Time-resolved imaging of Ca(2+)-dependent aequorin luminescence of microdomains and QEDs in synaptic preterminals

RB Silver, M Sugimori, EJ Lang and R Llinas
Section and Department of Physiology, Cornell University, Ithaca, New York 14853-6401.

Localized elevation of intracellular free calcium [Ca2+]i concentration serves as the trigger for a wide variety of physiological processes, e.g., neurotransmitter release at most chemical synapses (1-3). The details of the mechanisms that regulate these processes are still unresolved (3-6), but they must involve precise temporal sequences of molecular events initiated by a transient localized elevation of Ca2+ concentration (i.e., a Ca2+ microdomain [3,7-15]). A microdomain is defined as an autonomous compartment of minimal spatio-temporal volume within which a signaled process can occur (8, 10, 12). A quantum emission domain (QED) is a quantal signal element (3, 16, 17). The concept of a QED was first applied to Ca2+ signaling at the synaptic preterminal (3, 4) and for large-diameter mitotic cells (16, 17). The concept of Ca2+ microdomains was tested by labeling preterminals of squid giant synapses with low-sensitivity aequorin (a photoprotein that emits a photon upon binding Ca2+ [18, 19]). That work confirmed earlier modeling efforts (10, 16) and showed that, upon depolarization, the [Ca2+]i profile reaches 200-300 microM within the microdomains, and that these [Ca2+]i profiles are composed of groups of short-lived 0.5 microns diameter QEDs.
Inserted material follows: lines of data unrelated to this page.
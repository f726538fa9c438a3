//! The settings of the section of a host as it is read.
ghost use Rattle.std.specs.Prelude.{◌≡◌, ◌++◌, length, unwrap_or, if◌then◌else◌, Some, None, IfOk, OnOk};
ghost use Rattle.mpm_config.specs.HostName.{aliases_of};
ghost use Rattle.mpm_config.specs.Settings.{empty_host, with_host_setting};
ghost use Rattle.conf_text.specs.Words.{words};

use crate::host_conf::HostConf;
use crate::host_name::server_name;
use crate::setting::Setting;
use conf_text::{First, first_word};
use mpm_base::{Names, NoMemory, Octets};
use name_hosts::without_point;
use std::alloc::Global;
use std::marker::Model;

/// What the lines of the section of a host have set.
#[derive(Debug, Drop)]
pub struct HostDraft {
    name: Names,
    aliases: Names,
    root: Option<Octets>,
    index: Option<Octets>,
}

impl Model for HostDraft {
    ghost use Rattle.mpm_config.specs.Settings.{HostSettings};
    ghost use Rattle.mpm_config.specs.SettingsInside.{IsKeptHost};

    ghost Value = { HostSettings };

    ghost view = { λ h. record {
      name = h.name;
      aliases = h.aliases;
      root = h.root;
      index = h.index;
    } };

    ghost invariant = { λ h. IsKeptHost h.root h.index };
}

impl HostDraft {
    /// The settings of a section in which nothing stands. Takes no memory.
    pub fn empty(alloc: Global) -> HostDraft
        ensures { result ≡ empty_host }
    {
        HostDraft {
            name: Names::make(alloc),
            aliases: Names::make(alloc),
            root: None,
            index: None,
        }
    }

    /// Sets what a directive sets, where it may stand in such a section: answers whether it may.
    pub fn set(&mut self, alloc: Global, setting: Setting, value: &str) -> Result<bool, NoMemory>
        ensures { IfOk result (λ may. with_host_setting self.old value.now setting
            ≡ (if may then Some self.new else None)) }
    {
        match setting {
            Setting::DocumentRoot => self.root = Some(Octets::of(alloc, value.as_bytes())?),
            Setting::DirectoryIndex => self.index = Some(Octets::of(alloc, value.as_bytes())?),
            Setting::ServerName => {
                let mut name = Names::make(alloc);
                name.push(Octets::of(alloc, server_name(value.as_bytes()))?)?;
                self.name = name;
            }
            _ => return Ok(false),
        }
        Ok(true)
    }

    /// Adds the words of a line to its names.
    pub fn add_aliases(&mut self, alloc: Global, line: &str) -> Result<(), NoMemory>
        ensures { OnOk result (self.new
            ≡ record self.old { aliases = self.old.aliases ++ aliases_of (words line.now) }) }
    {
        let mut rest = line;
        while let First::Closed(name, after) = first_word(rest) {
            let name = Octets::of(alloc, without_point(name.as_bytes()))?;
            self.aliases.push(name)?;
            rest = after;
        }
        Ok(())
    }

    /// How many aliases there are.
    pub fn count(&self) -> usize
        ensures { result ≡ length self.now.aliases }
    {
        self.aliases.len()
    }

    /// The host of the settings; what it lacks is the outer root or index.
    pub fn conf(&self, alloc: Global, root: &[u8], index: &[u8]) -> Result<HostConf, NoMemory>
        ensures { IfOk result (λ conf. conf ≡ record {
          names = self.now.name ++ self.now.aliases;
          root = unwrap_or self.now.root root.now;
          index = unwrap_or self.now.index index.now;
        }) }
    {
        let mut names = Names::make(alloc);
        add_names(alloc, &mut names, &self.name)?;
        add_names(alloc, &mut names, &self.aliases)?;
        let root = Octets::of(alloc, or_outer(&self.root, root))?;
        let index = Octets::of(alloc, or_outer(&self.index, index))?;
        Ok(HostConf { names, root, index })
    }
}

/// Puts copies of the names behind the others.
fn add_names(alloc: Global, names: &mut Names, more: &Names) -> Result<(), NoMemory>
    ensures { OnOk result (names.new ≡ names.old ++ more.now) }
{
    for name in more.as_slice() {
        names.push(Octets::of(alloc, name.as_slice())?)?;
    }
    Ok(())
}

/// What was set, or else the outer value.
fn or_outer<'a>(own: &'a Option<Octets>, outer: &'a [u8]) -> &'a [u8]
    ensures { result.now ≡ unwrap_or own.now outer.now }
{
    match own {
        Some(own) => own.as_slice(),
        None => outer,
    }
}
In those records, obtained with 2:1 interlacing devices operating at the RS-170 standard, QEDs appeared as striped dots or chevrons rather than as solid dots, indicating that a QED lasted less than 16.6 ms (one video field), and thus establishing the need for higher sampling rates to better characterize the QED.(ABSTRACT TRUNCATED AT 250 WORDS)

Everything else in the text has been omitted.